Transcribe only the lines between the first line of the records and the line containing "use crate::items::Items;", inclusive, exactly as written.

[[ Stored data open ]]

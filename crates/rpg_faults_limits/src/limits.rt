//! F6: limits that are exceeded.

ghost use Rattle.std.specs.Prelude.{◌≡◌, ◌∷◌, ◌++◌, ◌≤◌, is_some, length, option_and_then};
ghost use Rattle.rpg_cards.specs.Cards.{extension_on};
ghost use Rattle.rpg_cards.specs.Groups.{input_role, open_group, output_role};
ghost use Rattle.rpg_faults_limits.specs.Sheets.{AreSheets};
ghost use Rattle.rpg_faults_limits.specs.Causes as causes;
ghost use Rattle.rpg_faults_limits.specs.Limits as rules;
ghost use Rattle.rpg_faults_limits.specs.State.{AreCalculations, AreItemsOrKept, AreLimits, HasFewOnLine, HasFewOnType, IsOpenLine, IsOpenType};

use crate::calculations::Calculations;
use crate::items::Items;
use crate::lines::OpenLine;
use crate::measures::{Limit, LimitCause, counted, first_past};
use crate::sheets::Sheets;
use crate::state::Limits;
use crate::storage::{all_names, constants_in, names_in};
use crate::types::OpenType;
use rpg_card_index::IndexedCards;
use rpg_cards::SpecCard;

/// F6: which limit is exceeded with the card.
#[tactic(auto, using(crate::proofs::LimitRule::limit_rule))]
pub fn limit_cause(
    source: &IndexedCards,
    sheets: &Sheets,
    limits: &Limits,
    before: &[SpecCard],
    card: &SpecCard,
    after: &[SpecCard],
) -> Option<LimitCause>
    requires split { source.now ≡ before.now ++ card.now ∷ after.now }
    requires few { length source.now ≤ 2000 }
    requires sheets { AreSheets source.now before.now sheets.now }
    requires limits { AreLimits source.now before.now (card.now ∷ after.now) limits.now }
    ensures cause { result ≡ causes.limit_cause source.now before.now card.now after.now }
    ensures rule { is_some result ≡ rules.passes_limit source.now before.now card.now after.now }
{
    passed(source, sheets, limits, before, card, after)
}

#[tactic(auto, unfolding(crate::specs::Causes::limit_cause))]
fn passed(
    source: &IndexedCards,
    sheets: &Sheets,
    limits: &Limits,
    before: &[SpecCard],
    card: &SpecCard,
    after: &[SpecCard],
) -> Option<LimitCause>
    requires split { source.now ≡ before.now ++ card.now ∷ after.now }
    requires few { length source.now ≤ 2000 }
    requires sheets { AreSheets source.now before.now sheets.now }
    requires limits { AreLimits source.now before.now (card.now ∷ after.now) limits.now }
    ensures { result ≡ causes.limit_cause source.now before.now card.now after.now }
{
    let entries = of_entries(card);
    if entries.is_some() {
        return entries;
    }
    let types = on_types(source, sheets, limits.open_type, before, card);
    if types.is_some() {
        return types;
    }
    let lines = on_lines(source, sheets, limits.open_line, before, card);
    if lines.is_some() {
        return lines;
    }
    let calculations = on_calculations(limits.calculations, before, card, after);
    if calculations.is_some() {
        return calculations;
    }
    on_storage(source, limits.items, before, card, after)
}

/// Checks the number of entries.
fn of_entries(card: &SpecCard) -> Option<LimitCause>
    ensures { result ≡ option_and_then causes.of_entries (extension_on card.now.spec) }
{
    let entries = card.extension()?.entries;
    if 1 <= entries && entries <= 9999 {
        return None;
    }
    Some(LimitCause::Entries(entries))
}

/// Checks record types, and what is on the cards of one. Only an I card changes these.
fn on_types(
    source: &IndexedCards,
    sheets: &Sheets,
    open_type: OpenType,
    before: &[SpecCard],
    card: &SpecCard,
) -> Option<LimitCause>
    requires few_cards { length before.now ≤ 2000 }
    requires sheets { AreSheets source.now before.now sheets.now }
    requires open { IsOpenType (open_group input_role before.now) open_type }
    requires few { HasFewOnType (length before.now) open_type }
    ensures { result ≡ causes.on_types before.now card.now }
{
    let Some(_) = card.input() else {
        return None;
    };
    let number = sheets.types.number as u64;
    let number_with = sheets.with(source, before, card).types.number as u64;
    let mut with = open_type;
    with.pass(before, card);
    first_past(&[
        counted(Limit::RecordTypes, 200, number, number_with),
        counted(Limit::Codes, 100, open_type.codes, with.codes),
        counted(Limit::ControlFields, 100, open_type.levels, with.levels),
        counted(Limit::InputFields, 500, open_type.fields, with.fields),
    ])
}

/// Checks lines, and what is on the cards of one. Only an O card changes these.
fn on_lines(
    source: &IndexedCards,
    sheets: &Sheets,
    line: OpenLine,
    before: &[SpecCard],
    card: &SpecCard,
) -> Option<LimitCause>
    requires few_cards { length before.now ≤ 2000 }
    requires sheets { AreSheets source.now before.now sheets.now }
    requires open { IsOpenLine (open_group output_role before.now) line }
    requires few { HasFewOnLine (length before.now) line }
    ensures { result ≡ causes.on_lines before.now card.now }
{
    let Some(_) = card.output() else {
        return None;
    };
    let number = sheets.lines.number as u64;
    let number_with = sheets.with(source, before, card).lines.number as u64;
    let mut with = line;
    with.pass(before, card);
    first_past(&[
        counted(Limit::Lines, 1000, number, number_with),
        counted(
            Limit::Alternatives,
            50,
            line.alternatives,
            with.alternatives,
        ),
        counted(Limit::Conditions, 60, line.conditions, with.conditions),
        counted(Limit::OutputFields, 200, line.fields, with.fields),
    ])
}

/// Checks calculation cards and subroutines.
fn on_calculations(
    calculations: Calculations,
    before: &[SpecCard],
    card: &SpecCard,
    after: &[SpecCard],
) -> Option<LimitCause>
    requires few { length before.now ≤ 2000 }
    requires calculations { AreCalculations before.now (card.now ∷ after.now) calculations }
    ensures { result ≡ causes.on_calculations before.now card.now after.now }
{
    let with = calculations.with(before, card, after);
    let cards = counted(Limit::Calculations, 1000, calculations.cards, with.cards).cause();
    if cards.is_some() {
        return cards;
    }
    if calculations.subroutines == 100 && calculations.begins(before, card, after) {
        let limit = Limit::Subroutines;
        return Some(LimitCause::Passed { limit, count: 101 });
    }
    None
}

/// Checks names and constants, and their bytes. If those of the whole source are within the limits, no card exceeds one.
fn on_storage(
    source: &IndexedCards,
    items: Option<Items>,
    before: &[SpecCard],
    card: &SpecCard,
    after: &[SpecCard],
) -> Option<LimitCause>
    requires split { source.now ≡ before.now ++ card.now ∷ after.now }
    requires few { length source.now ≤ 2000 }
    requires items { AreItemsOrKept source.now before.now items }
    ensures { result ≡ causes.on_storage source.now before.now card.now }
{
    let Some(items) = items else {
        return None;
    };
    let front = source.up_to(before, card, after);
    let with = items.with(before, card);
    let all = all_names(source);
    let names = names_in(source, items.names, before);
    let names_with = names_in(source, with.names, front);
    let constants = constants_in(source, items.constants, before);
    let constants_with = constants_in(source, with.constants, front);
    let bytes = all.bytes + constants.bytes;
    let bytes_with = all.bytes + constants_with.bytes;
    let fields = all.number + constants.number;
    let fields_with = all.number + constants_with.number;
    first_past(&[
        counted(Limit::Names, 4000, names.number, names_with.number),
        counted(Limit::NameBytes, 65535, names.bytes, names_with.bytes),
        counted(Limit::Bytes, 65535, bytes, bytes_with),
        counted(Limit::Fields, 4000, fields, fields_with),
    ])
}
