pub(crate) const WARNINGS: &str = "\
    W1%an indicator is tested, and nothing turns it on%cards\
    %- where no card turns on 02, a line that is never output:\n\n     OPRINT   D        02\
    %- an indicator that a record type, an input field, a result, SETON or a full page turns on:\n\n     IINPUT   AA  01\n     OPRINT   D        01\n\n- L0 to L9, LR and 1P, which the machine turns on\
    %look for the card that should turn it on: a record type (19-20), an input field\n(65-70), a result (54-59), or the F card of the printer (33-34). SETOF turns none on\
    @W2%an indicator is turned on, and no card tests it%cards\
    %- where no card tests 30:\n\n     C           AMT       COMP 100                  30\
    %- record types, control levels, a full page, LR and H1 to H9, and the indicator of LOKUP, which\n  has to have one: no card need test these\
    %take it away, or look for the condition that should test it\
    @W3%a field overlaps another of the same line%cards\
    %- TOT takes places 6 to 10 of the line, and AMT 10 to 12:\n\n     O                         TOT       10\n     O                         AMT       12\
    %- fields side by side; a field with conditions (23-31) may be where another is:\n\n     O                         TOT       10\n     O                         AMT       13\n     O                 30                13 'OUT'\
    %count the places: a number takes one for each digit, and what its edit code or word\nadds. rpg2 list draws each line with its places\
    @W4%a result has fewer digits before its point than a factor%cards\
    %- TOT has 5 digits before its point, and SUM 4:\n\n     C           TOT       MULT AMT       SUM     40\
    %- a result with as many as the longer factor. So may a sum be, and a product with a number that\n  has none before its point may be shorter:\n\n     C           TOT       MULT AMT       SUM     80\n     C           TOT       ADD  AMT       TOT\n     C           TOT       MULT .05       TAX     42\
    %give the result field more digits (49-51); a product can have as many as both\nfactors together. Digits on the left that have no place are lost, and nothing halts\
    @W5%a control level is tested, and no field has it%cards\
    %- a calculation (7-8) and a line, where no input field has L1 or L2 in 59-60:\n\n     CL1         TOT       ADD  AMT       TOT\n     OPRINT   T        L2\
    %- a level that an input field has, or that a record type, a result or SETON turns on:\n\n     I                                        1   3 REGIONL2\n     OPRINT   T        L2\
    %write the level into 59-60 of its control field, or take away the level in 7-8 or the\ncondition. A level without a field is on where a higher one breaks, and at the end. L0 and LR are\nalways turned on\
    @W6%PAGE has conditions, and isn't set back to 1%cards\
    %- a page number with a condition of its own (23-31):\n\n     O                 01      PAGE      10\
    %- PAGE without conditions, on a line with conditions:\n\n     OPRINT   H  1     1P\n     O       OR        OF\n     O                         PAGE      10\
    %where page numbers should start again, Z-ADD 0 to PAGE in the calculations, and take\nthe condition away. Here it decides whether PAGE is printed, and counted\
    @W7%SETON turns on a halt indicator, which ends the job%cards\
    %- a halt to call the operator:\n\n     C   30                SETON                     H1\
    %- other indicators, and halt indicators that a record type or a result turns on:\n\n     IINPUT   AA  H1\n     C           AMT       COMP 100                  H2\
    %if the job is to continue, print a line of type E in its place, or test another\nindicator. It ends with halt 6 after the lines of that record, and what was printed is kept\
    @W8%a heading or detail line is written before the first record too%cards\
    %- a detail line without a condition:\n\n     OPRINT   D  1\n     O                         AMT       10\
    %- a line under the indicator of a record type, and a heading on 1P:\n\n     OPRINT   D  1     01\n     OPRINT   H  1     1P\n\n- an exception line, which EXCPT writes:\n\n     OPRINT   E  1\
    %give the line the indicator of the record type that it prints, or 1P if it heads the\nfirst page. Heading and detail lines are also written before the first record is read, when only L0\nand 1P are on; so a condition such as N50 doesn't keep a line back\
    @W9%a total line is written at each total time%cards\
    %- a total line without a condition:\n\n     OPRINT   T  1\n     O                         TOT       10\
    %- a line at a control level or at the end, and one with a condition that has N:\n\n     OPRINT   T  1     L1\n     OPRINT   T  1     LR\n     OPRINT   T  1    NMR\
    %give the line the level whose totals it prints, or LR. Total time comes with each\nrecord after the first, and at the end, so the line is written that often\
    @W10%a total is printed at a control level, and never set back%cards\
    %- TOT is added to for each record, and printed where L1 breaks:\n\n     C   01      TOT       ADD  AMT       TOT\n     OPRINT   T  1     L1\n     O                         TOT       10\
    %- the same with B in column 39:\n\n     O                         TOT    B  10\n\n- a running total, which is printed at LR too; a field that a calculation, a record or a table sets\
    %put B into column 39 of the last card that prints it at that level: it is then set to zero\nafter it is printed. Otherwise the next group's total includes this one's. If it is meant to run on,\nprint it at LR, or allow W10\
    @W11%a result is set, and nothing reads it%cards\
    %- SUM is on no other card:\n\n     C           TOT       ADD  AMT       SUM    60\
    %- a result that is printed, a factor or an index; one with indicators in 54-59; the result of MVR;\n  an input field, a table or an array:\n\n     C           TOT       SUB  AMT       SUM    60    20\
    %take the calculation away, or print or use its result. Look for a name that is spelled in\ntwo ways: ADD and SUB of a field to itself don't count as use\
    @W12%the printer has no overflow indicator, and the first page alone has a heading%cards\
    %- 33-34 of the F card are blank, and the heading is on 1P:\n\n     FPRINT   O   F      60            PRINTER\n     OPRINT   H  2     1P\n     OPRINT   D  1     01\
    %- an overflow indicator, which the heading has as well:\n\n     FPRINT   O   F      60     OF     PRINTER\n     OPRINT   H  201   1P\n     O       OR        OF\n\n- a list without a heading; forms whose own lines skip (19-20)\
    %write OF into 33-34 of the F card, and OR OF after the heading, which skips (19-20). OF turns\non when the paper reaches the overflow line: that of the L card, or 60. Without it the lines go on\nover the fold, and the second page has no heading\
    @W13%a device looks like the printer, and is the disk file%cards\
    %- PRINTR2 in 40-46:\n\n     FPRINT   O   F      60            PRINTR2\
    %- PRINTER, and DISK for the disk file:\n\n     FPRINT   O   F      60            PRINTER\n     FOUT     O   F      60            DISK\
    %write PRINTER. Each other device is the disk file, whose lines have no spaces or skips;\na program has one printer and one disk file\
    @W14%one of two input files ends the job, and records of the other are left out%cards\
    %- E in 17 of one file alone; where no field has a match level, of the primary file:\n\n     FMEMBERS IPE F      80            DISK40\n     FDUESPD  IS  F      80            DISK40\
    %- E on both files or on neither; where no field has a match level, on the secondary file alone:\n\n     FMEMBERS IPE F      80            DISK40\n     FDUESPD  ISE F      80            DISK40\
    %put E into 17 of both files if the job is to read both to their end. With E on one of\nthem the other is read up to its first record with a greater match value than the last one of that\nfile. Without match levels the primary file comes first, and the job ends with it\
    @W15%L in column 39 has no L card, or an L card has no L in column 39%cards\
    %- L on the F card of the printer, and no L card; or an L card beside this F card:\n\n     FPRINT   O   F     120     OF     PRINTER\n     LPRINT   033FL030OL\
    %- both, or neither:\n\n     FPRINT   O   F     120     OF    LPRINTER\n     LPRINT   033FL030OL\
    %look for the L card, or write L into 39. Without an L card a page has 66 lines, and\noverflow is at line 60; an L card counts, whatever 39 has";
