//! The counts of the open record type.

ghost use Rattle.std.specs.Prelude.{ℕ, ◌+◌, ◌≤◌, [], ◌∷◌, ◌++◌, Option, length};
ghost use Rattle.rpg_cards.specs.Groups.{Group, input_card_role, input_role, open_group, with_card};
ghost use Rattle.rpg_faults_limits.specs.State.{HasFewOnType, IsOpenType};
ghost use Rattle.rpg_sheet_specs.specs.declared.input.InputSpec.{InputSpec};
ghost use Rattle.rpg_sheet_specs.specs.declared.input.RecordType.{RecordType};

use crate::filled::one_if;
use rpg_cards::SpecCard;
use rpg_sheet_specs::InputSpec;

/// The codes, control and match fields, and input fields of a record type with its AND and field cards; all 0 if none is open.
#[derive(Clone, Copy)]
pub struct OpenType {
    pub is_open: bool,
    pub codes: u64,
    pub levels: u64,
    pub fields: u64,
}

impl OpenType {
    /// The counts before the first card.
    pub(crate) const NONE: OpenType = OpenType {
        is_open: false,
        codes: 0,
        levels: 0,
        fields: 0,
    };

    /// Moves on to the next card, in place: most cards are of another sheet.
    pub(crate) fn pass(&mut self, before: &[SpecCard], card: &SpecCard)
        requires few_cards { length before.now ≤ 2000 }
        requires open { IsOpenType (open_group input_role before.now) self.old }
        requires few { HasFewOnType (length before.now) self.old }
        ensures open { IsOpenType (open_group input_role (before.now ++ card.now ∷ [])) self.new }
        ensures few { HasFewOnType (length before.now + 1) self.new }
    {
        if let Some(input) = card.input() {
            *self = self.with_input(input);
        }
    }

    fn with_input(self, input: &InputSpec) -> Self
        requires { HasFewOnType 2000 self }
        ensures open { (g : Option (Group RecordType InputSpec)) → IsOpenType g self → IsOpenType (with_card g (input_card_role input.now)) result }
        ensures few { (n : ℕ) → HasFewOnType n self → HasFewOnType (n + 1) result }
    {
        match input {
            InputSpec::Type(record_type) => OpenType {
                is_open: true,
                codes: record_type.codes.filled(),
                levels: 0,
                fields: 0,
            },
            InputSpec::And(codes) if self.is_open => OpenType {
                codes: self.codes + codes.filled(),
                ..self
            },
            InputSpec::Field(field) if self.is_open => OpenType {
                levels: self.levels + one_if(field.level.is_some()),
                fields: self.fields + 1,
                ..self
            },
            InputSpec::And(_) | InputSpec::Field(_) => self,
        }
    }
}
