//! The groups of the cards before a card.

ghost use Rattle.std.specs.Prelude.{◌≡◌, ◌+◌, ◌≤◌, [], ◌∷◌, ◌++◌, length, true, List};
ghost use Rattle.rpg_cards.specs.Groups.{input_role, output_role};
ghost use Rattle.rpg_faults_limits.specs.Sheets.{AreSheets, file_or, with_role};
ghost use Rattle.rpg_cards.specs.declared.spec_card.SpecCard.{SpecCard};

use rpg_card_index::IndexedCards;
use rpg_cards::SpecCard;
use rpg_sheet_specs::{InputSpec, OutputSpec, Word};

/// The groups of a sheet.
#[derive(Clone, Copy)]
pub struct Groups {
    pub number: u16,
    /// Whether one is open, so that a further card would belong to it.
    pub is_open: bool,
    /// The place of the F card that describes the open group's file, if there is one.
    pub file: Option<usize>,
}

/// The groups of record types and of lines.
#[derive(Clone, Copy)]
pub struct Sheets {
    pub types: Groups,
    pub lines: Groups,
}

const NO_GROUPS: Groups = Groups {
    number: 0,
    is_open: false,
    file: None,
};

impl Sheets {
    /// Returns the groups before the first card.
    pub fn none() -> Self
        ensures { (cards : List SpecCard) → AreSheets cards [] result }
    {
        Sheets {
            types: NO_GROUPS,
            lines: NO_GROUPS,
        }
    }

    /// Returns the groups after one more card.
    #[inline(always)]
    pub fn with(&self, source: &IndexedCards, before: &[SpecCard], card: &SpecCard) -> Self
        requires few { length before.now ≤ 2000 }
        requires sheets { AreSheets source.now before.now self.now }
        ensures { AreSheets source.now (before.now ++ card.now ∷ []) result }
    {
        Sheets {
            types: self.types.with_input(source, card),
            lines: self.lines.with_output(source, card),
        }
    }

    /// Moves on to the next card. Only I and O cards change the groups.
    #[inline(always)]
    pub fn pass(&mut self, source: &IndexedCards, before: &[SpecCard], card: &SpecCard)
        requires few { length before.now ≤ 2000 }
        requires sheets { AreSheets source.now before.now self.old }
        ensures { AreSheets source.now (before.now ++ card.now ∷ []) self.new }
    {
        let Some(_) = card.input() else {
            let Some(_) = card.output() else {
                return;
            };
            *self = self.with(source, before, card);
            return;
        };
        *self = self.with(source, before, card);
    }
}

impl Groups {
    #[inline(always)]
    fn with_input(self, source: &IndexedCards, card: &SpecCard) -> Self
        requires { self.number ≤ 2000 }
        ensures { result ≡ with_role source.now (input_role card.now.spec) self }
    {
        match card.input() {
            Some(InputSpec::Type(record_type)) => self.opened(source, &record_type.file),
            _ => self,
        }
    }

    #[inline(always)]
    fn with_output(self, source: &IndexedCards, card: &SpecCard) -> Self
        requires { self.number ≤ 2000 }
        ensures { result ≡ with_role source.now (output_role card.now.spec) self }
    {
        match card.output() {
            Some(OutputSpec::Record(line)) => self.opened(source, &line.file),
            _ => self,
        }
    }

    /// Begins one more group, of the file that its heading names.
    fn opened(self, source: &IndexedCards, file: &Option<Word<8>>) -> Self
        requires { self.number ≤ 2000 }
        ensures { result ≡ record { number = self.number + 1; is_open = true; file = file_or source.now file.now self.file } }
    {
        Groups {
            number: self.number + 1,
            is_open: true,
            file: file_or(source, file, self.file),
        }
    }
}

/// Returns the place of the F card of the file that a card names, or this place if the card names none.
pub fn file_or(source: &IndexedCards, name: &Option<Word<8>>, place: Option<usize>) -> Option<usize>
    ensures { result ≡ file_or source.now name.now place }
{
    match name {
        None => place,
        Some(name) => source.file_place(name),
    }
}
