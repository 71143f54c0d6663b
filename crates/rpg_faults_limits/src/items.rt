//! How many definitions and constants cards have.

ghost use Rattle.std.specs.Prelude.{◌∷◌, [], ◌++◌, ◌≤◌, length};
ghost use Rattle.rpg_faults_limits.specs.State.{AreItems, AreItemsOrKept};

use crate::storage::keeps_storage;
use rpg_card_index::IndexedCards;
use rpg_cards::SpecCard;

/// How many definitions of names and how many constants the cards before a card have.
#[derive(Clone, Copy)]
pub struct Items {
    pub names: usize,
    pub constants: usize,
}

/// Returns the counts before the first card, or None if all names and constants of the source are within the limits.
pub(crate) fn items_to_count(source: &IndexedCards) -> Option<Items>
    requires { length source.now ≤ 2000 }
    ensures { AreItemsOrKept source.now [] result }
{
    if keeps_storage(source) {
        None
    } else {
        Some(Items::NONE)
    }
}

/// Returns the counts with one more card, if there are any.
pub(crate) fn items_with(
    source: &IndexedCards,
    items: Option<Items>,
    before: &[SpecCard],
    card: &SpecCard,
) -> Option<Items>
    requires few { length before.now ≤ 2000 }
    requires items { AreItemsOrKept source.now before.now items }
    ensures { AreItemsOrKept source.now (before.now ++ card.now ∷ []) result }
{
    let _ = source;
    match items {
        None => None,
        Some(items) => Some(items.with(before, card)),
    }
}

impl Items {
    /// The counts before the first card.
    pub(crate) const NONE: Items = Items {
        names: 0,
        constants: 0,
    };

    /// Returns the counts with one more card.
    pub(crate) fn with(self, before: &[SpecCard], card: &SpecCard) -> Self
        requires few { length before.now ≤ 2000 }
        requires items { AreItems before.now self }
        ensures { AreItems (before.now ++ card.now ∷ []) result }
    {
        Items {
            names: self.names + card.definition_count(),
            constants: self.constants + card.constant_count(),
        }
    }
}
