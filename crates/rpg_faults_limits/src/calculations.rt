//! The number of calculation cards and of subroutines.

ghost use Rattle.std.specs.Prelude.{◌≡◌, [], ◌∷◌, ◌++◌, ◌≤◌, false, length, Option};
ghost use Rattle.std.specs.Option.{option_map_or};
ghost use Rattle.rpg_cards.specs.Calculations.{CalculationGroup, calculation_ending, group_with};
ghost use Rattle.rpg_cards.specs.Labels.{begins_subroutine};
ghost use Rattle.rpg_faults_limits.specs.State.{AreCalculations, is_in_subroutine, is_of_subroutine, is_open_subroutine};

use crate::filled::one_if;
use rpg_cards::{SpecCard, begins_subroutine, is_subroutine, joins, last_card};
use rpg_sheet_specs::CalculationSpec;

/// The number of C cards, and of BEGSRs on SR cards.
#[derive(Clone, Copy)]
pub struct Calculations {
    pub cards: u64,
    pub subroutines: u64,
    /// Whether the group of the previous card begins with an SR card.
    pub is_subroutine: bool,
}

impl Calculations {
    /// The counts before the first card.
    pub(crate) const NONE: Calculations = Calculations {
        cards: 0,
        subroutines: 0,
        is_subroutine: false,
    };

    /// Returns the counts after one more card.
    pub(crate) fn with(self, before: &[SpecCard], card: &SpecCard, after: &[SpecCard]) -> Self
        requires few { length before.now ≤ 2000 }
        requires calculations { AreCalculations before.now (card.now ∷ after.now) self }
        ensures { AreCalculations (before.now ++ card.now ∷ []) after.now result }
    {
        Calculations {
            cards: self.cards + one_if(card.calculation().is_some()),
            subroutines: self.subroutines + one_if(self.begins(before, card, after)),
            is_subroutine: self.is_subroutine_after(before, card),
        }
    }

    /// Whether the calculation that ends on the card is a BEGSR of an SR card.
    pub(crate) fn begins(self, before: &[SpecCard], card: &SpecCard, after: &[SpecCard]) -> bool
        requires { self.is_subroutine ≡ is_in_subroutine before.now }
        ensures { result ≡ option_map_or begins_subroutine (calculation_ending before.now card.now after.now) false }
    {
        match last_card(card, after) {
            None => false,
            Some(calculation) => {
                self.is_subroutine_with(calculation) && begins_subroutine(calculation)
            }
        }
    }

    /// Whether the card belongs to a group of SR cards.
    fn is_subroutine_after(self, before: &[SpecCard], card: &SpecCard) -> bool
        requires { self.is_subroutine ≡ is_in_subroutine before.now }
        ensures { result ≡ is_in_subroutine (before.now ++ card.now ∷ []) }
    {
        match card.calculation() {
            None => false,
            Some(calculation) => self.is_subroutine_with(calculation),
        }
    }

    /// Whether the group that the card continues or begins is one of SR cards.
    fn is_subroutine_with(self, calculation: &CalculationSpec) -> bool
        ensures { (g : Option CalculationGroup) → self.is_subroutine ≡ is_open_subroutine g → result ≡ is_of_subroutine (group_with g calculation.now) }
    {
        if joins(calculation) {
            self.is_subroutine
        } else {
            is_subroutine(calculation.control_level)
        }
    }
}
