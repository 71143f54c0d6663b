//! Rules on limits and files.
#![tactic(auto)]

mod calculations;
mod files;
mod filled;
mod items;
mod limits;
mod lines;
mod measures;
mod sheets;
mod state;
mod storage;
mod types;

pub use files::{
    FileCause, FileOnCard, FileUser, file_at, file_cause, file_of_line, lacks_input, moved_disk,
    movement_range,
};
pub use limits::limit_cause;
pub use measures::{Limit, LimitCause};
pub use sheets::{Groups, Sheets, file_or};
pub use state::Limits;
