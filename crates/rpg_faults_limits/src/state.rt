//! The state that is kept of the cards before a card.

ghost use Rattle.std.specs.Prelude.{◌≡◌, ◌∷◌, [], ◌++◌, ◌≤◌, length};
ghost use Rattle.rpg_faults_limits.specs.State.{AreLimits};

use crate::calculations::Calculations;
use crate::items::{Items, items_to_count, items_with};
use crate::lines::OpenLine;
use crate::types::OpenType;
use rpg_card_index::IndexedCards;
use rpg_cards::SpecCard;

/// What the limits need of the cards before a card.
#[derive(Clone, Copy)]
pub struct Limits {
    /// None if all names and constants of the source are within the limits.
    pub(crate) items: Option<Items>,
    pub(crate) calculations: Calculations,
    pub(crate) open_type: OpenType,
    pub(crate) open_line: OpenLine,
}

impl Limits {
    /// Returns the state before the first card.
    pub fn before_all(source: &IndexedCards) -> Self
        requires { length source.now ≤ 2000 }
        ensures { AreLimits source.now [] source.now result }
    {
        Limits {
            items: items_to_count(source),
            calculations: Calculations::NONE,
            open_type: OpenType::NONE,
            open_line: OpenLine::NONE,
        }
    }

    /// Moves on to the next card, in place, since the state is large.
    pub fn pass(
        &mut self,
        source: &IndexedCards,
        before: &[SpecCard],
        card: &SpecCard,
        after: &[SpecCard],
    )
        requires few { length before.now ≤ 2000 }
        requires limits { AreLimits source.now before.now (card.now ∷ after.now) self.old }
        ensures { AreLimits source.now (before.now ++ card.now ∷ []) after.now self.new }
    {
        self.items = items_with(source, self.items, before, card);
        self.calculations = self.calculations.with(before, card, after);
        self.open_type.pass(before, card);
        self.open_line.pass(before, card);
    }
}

[[ Stored data closed ]]

◆ **Task output**
filename crates/rpg_faults_limits/src/limits.rt
//! F6: limits that are exceeded.

ghost use Rattle.std.specs.Prelude.{◌≡◌, ◌∷◌, ◌++◌, ◌≤◌, is_some, length, option_and_then};
ghost use Rattle.rpg_cards.specs.Cards.{extension_on};
ghost use Rattle.rpg_cards.specs.Groups.{input_role, open_group, output_role};
ghost use Rattle.rpg_faults_limits.specs.Sheets.{AreSheets};
ghost use Rattle.rpg_faults_limits.specs.Causes as causes;
ghost use Rattle.rpg_faults_limits.specs.Limits as rules;
ghost use Rattle.rpg_faults_limits.specs.State.{AreCalculations, AreItemsOrKept, AreLimits, HasFewOnLine, HasFewOnType, IsOpenLine, IsOpenType};

use crate::calculations::Calculations;
use crate::items::Items;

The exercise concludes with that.